Question: How to explain how DESeq2 works to someone with zero bioinformatics background?
gravatar for wanziyi89
2.0 years ago by
wanziyi890 wrote:

Hi everyone, 

Just a very very odd question. I have finished a differential gene expression analysis using the DESeq2 package. I got my list of DEGs, foldchanges, volcano plots etc.

Now I have a major headache: How to present about how DESeq2 works to my PI, who has limited knowledge on bioinformatics. I don't want to smoke my way through the results presentations but I want to educate share the knowledge with my PIs and also several of my colleagues who also has zero bioinformatics background.

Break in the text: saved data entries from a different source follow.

//! The payloads that are not read, by fault and message number.

ghost use Rattle.std.specs.Prelude.{◌≡◌, ◌≢◌, ◌+◌, ℕ, List, [], ◌∷◌, OnOk};
ghost use Rattle.rtk_message.specs.declared.any_fault.AnyFault.{AnyFault};
ghost use Rattle.rtk_survey.specs.Counting.{shown_count};
ghost use Rattle.rtk_survey.specs.Contents.{CountsFaults, count_at};

use rtk_message::AnyFault;
use std::alloc::{AllocError, Global};
use std::collections::BTreeMap;

/// How many payloads there are of each fault; the maps have an entry for each message number that came.
#[derive(Drop)]
pub struct Unread {
    pub no_number: u64,
    pub others: BTreeMap<u16, u64>,
    pub short: BTreeMap<u16, u64>,
    pub outside_week: BTreeMap<u16, u64>,
    pub too_many_cells: BTreeMap<u16, u64>,
}

/// The count of a number.
pub fn count_of_number(counts: &BTreeMap<u16, u64>, number: u16) -> u64
    ensures { result ≡ count_at counts.now number }
{
    counts.get(&number).copied().unwrap_or(0)
}

/// Counts one more of this number.
pub(crate) fn count_number(counts: &mut BTreeMap<u16, u64>, number: u16) -> Result<(), AllocError>
    ensures own { OnOk result (count_at counts.new number ≡ shown_count (count_at counts.old number + 1)) }
    ensures others { OnOk result ((n : ℕ) → n ≢ number → count_at counts.new n ≡ count_at counts.old n) }
{
    let count = counts.entry(number)?.or_insert(0);
    *count = count.saturating_add(1);
    Ok(())
}

impl Unread {
    /// Nothing came.
    pub fn new(alloc: Global) -> Unread
        ensures { CountsFaults result [] }
    {
        Unread {
            no_number: 0,
            others: BTreeMap::new(alloc),
            short: BTreeMap::new(alloc),
            outside_week: BTreeMap::new(alloc),
            too_many_cells: BTreeMap::new(alloc),
        }
    }

    /// Counts a fault.
    pub fn count_fault(&mut self, fault: AnyFault) -> Result<(), AllocError>
        ensures { OnOk result ((fs : List AnyFault) → CountsFaults self.old fs → CountsFaults self.new (fault ∷ fs)) }
    {
        match fault {
            AnyFault::NoNumber => {
                self.no_number = self.no_number.saturating_add(1);
                Ok(())
            }
            AnyFault::Other { number } => count_number(&mut self.others, number),
            AnyFault::Short { number } => count_number(&mut self.short, number),
            AnyFault::EpochRange { number } => count_number(&mut self.outside_week, number),
            AnyFault::TooManyCells { number } => count_number(&mut self.too_many_cells, number),
        }
    }
}
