//! The dates that are passed over since they are still to come.

ghost use Rattle.std.specs.Prelude.{◌≡◌};
ghost use Rattle.rtk_survey.specs.Telling.{weeks_before};
ghost use Rattle.rtk_survey.specs.ToCome as spec;

use crate::date_message::{DateMessage, EphemerisDate};
use crate::system_message::SystemWeek;
use crate::telling::{first_week_of, is_to_come, moment_of, system_weeks_before};
use crate::tellings::{Told, is_reference};
use rtk_obs::{GpsMs, WEEK_MS};

// How many weeks before the week of now the latest week is that a 1019 may name.
fn weeks_before(now: GpsMs, week: u16) -> u64
    ensures { result ≡ weeks_before now week }
{
    (now.ms() / WEEK_MS + 1024).saturating_sub(u64::from(week)) % 1024
}

fn ephemeris_to_come(now: GpsMs, ephemeris: EphemerisDate) -> Option<u64>
    ensures { result ≡ spec.ephemeris_to_come now ephemeris }
{
    if now.ms() / WEEK_MS < weeks_before(now, ephemeris.week) {
        let in_week = 1000 * u64::from(ephemeris.reference_time_s);
        Some(WEEK_MS * u64::from(ephemeris.week) + in_week)
    } else {
        None
    }
}

fn system_week_to_come(now: GpsMs, message: SystemWeek) -> Option<u64>
    ensures { result ≡ spec.system_week_to_come now message }
{
    if now.ms() / WEEK_MS < system_weeks_before(now, message) {
        let week = u64::from(message.week) + first_week_of(message.number);
        Some(WEEK_MS * week + 1000 * u64::from(message.reference_time_s))
    } else {
        None
    }
}

// The moment that a message names, if it is to come.
fn moment_to_come(now: GpsMs, message: &DateMessage) -> Option<u64>
    ensures { result ≡ spec.moment_to_come now message.now }
{
    match message {
        DateMessage::Utc(date) if is_to_come(now, *date) => Some(moment_of(*date).ms()),
        DateMessage::Utc(_) => None,
        DateMessage::Ephemeris(ephemeris) => ephemeris_to_come(now, *ephemeris),
        DateMessage::OtherEphemeris(message) => system_week_to_come(now, *message),
    }
}

/// A message with the moment that it names, if that is passed over since it is to come.
pub(crate) fn told_to_come(now: GpsMs, message: &DateMessage) -> Option<Told>
    ensures { result ≡ spec.told_to_come now message.now }
{
    let first = moment_to_come(now, message)?;
    if is_reference(first) {
        Some(Told {
            message: *message,
            first,
        })
    } else {
        None
    }
}
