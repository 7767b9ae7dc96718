// Many collector steps in one call: what is judged at each step is judged once, and runs of steps
// are made at once.
#![tactic(auto)]

ghost use Rattle.std.specs.Prelude.{◌≡◌, ◌+◌, ◌<◌, ◌≤◌};
ghost use Rattle.rules.specs.Table.{most_slots, refused, state};
ghost use Rattle.rules.specs.Check.{bound};
ghost use Rattle.rules.specs.Schedules.{schedule, collects};
ghost use Rattle.rules.specs.Changes.{changes_all};
ghost use Rattle.rules.specs.declared.Answer.TheVariants.{Named};
ghost use Rattle.ahead.specs.Leads.{lasted, more, Passes, Room, Leads};
ghost use Rattle.batch.specs.Last.{many, last_answer};
ghost use Rattle.batch.specs.StrideAndStep.{StrideAndStep};
ghost use Rattle.rules.specs.Lent.{given};

use ahead::Ahead;
use rules::{Answer, Phase, Record};

// How many steps were done, what the last one answered, or the one that was refused, how many
// colours they changed in all, and the record.
#[derive(Clone, Copy)]
pub struct Many {
    pub done: usize,
    pub answer: Answer,
    pub changed: usize,
    pub rec: Record,
}

// At most cap steps of the record's phase at once.
// Kept: three slices and a record, also below: a struct of three `&mut` slices would need a clause
// in each function that it lends the same ones afterwards, as `SameSlices` of session is, and
// jenturik_collect_many lends them one by one.
fn stride(left: &mut [u16], right: &mut [u16], colour: &mut [u8], x: Record, cap: usize) -> Ahead
    requires passes { Passes (state left.old right.old colour.old x) }
    requires room { Room x cap }
    ensures { (result.d ≤ cap) × Leads (given left.old right.old colour.old x) result.d
        result.changed
        (state left.new right.new colour.new result.rec) }
{
    let none = Ahead {
        d: 0,
        changed: 0,
        rec: x,
    };
    if cap == 0 {
        return none;
    }
    match x.phase {
        Phase::Roots(i) => in_order::roots(left, right, colour, x, i, cap),
        Phase::Scan(i, k) => scanning::scans(left, right, colour, x, i, k, cap),
        Phase::Append(i) => in_order::appends(left, right, colour, x, i, cap),
        _ => none,
    }
}

// At most most steps at once, and then one.
fn stride_and_step(
    left: &mut [u16],
    right: &mut [u16],
    colour: &mut [u8],
    x: Record,
    b: u32,
    most: usize,
) -> Many
    requires passes { Passes (state left.old right.old colour.old x) }
    requires b_value { b ≡ bound 2 x.m x.r }
    ensures { (result.done ≤ most) × StrideAndStep b (given left.old right.old colour.old x)
        result.done
        result.changed result.answer (state left.new right.new colour.new result.rec) }
{
    // Kept: `as`: there is no `From<u32>` for `usize`.
    let near = b - 1 - x.steps;
    let ahead = stride(left, right, colour, x, most.min(near as usize));
    let made = collector::phase_step(left, right, colour, ahead.rec, ahead.rec.phase);
    Many {
        done: ahead.d,
        answer: made.answer,
        changed: ahead.changed + usize::from(made.changed),
        rec: made.rec,
    }
}

// The answer of a run that stands at a record with a count past its limit: code 2 where a step is
// still to be made.
fn ended(done: usize, n: usize, a: Answer) -> Answer
    ensures { (done < n → result ≡ refused 2 0) × (n ≤ done → result ≡ a) }
{
    if done < n { Answer::refused(2, 0) } else { a }
}

// n steps, from a record that passes.
pub fn all_steps(
    left: &mut [u16],
    right: &mut [u16],
    colour: &mut [u8],
    x: Record,
    b: u32,
    n: usize,
) -> Many
    requires passes { Passes (state left.old right.old colour.old x) }
    requires b_value { b ≡ bound 2 x.m x.r }
    ensures rec_value { lasted result.done result.answer (state left.new right.new colour.new
        result.rec)
        ≡ more n 0 (Named 0) (given left.old right.old colour.old x) }
    ensures changed_value { result.changed
        ≡ changes_all (collects n) (given left.old right.old colour.old x) }
{
    let mut rec = x;
    let mut answer = Answer::Named(0);
    let mut done = 0;
    let mut changed = 0;
    // Kept: a `while`: a turn makes as many steps as its stride has, so no range counts them.
    while done < n {
        let gone = stride_and_step(left, right, colour, rec, b, n - done - 1);
        rec = gone.rec;
        answer = gone.answer;
        done += gone.done;
        changed += gone.changed;
        // Kept: by its number, as the definition `more` goes by `code_of`.
        if answer.code() != 0 {
            break;
        }
        done += 1;
        if !rules::in_limits(rec, b) {
            answer = ended(done, n, answer);
            break;
        }
    }
    Many {
        done,
        answer,
        changed,
        rec,
    }
}

// n steps of the collector, or as many as are done before one is refused.
pub fn collect_many(
    left: &mut [u16],
    right: &mut [u16],
    colour: &mut [u8],
    x: Record,
    n: usize,
) -> Many
    ensures colour_value { (many result left.new right.new colour.new
        ≡ schedule (collects n) (given left.old right.old colour.old x)) × (result.answer
        ≡ last_answer n (given left.old right.old colour.old x)) }
    ensures changed_value { result.changed
        ≡ changes_all (collects n) (given left.old right.old colour.old x) }
{
    let code = rules::check(left.len(), right.len(), colour.len(), x);
    // Kept: a number, as `check` of rules answers it (docs/RULES.md, Codes).
    if code != 0 {
        return Many {
            done: 0,
            answer: Answer::refused(code, 0),
            changed: 0,
            rec: x,
        };
    }
    all_steps(left, right, colour, x, rules::bound(x.m, x.r), n)
}
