// The outputs of a filter, each passed on to the rest of the filter: paths, and the numbers of `range(f; g)`, too. No list of them is kept.
ghost use Rattle.std.specs.Prelude.{map, ◌≡◌, ◌++◌, ◌∷◌, [], IfSome, MatchOption, OnOk, ℕ, List};
ghost use Rattle.jq_ast.specs.Named.{named, named_as_pattern};
ghost use Rattle.jq_tree.specs.Tree.{trees_of};
ghost use Rattle.jq_operations.specs.Language.{meaning_of};
ghost use Rattle.jq_state.specs.Items.{item_of};
ghost use Rattle.jq_operations.specs.Entering.{defined};
ghost use Rattle.jq_single.specs.private.Gathering.{GathersAll, GathersBound, GathersBuiltin, GathersOf, GathersPaths, Gathers, GathersRun, GathersStep, led, made, numbers_from, step_run, supplied};
ghost use Rattle.jv_data.specs.Text.{text_of};
ghost use Rattle.jv_data.specs.Value.{Value};
ghost use Rattle.jv_data.specs.View.{view};
ghost use Rattle.jq_meaning.specs.Runs.{Run, before, none, one, value_in, plain};
ghost use Rattle.jq_single.specs.Single.{Comes, Ends};
ghost use Rattle.jq_tree.specs.Tree as form;
ghost use Rattle.jq_meaning.specs.Runs as runs;
ghost use Rattle.jq_meaning.specs.Builtins as meaning;

use crate::changing::scope_of_call;
use crate::contexts::Context;
use crate::finding::Called;
use crate::rests::{Rest, Step};
use crate::scopes::Scope;
use crate::stops::Stop;
use jq_ast::{Function, Pattern, Tree};
use jq_natives::truth;
use jq_operations::{Builtin, Outputs, run};
use jq_state::items::Item;
use jq_state::numbers::{is_before, number_after};
use jq_state::steps::Operation;
use jv_data::{NoMemory, Val};
use std::alloc::Global;

/// Items that are given one by one: those of a vector, the last one first, or whole numbers.
#[derive(Drop)]
pub(crate) enum Supply {
    Items(Vec<Item>),
    Numbers(Numbers),
}

/// Where a step leads to.
#[derive(Drop)]
pub(crate) enum Led {
    One(Item),
    Several(Supply),
}

/// The whole numbers from `next` on, if there is one, up to but not including `end`.
#[derive(Drop)]
pub(crate) struct Numbers {
    next: Option<i64>,
    end: i64,
}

Anyone have any prior background/experience with this kind of situation? Mind sharing some tips?



deseq2 • 1.1k views
ADD COMMENTlink modified 2.0 years ago by Michael Love23k • written 2.0 years ago by wanziyi890
Answer: How to explain how DESeq2 works to someone with zero bioinformatics background?
gravatar for Michael Love
2.0 years ago by
Michael Love23k
United States
Michael Love23k wrote:

Hi Kenta,

This is an answer I posted to Biostars a while ago:

We really tried to write the main text of the paper such that it would be understood by non-statisticians. that said, I'll try to do it in a few sentences. before further questions on details please at least *try* to read the paper :)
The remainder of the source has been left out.